Small Modular Reactors

Australia / Report Warns On Levelised Cost Of Electricity From SMRs

By David Dalton
23 May 2024

LCOE could improve by 2030, but remain higher than alternatives

Report Warns On Levelised Cost Of Electricity From SMRs

The levelised cost of electricity (LCOE) for small modular reactors in Australia could improve significantly to around $230/MWh-$382/MWh* by 2030, but would still remain significantly higher than alternatives, according to national science agency CSIRO’s annual GenCost report.

This compares to around 141/MWh-233/MWh for large-scale nuclear, which has been included in the report for the first time. The lowest LCOE for 2030 is solar and wind at around $89/MWh-$125/MWh.

The LCOE estimate for SMRS in 2023 was $387/MWh-641/MWh while the 2023 cost for large-scale nuclear was $155/MWh-252/MWh.

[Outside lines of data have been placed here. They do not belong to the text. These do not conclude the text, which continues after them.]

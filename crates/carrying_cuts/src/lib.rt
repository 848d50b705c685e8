// Carrying the newly found cuts of one side over the matches to the other, match by match.
#![tactic(auto)]

ghost use Rattle.std.specs.Prelude.{◌≡◌, true, ◌≤◌, length};
ghost use Rattle.cut_set.specs.Store.{FoundRun, found_in};
ghost use Rattle.match_columns.specs.Held.{columns_in};
ghost use Rattle.carrying_match.specs.OneMatch.{Ready};
ghost use Rattle.carrying_cuts.specs.Worker.{EndsKnown, Working};

use carrying_match::{Held, Stop, carry_match};
use cut_set::CutSet;
use match_columns::MatchColumns;
use near_matches::next_near;

// Carries the newly found cuts, one rising run, over every match. `ended`: the ends of all matches on the other side are
// members of the set there.
pub fn carry_found(
    matches: &MatchColumns<'_>,
    work: &mut [u32],
    from: CutSet,
    to: CutSet,
    hits: usize,
    most: usize,
    ended: bool,
) -> Result<Held, Stop>
    requires ready { Ready work.old from to }
    requires found_run { FoundRun work.old from }
    requires hits_le_most { hits ≤ most }
    requires ends_known { ended ≡ true → EndsKnown (columns_in matches.now) work.old to }
    ensures { Working (columns_in matches.now) (length matches.now.reversed.now) work.old from to
        (found_in work.old from) hits most work.new result }
{
    let mut held = Held { hits, to };
    if reading_cuts::none_found(from) {
        return Ok(held);
    }
    let lowest = reading_cuts::lowest_found(work, from);
    let highest = reading_cuts::highest_found(work, from);
    let mut k = next_near(matches.lefts, matches.rights, 0, lowest, highest);
    // Not a `for`: the search tells which match is next.
    while k < matches.reversed.len() {
        held = carry_match(
            work,
            from,
            held.to,
            matches.lefts[k],
            matches.rights[k],
            matches.other_lefts[k],
            matches.other_rights[k],
            matches.reversed[k],
            held.hits,
            most,
            ended,
        )?;
        k = next_near(matches.lefts, matches.rights, k + 1, lowest, highest);
    }
    Ok(held)
}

LCOE captures both capital and operating costs that need to be covered. It is essentially the long-term price at which the electricity produced by a power plant will have to be sold at for the investor to cover all their costs.

The International Energy Agency has said the LCOE for advanced nuclear is USD63.10/MWh. The lowest LCOE is USD30.43/MWh for standalone solar and the highest is USD120.51/MWh for offshore wind. Onshore wind is USD36.92/MWh.

The report warned that given the potential for “an extended development timeline”, a risk for nuclear generation developers in Australia is political change.

“That is, they could commence the development process, incurring development expenses, but before reaching financial close they may find that a change in government results in a modification of the required permitting steps or prohibits nuclear altogether,” the report said.

“Without bipartisan support, given the historical context of nuclear power in Australia, investors may have to consider the risk that development expenses become stranded by future governments.

“Of course, other technologies face some level of this risk as well, but to a much lesser degree given shorter total development times and a longer history of successful permitting.”

Australia has no nuclear plants and a domestic nuclear energy industry is banned following a moratorium set in place under the former Howard government in the 1990s.

The opposition federal Coalition has said it will back a global pledge to triple nuclear energy if its leader, Peter Dutton, becomes prime minister.

In 2019 a parliamentary inquiry concluded the ban should be partially lifted, but then-energy and emissions reduction minister Angus Taylor said at the time the government had no plans to alter the moratorium.

* Data in the report is adjusted to Australian dollars and inflated to 2023‐24 dollars.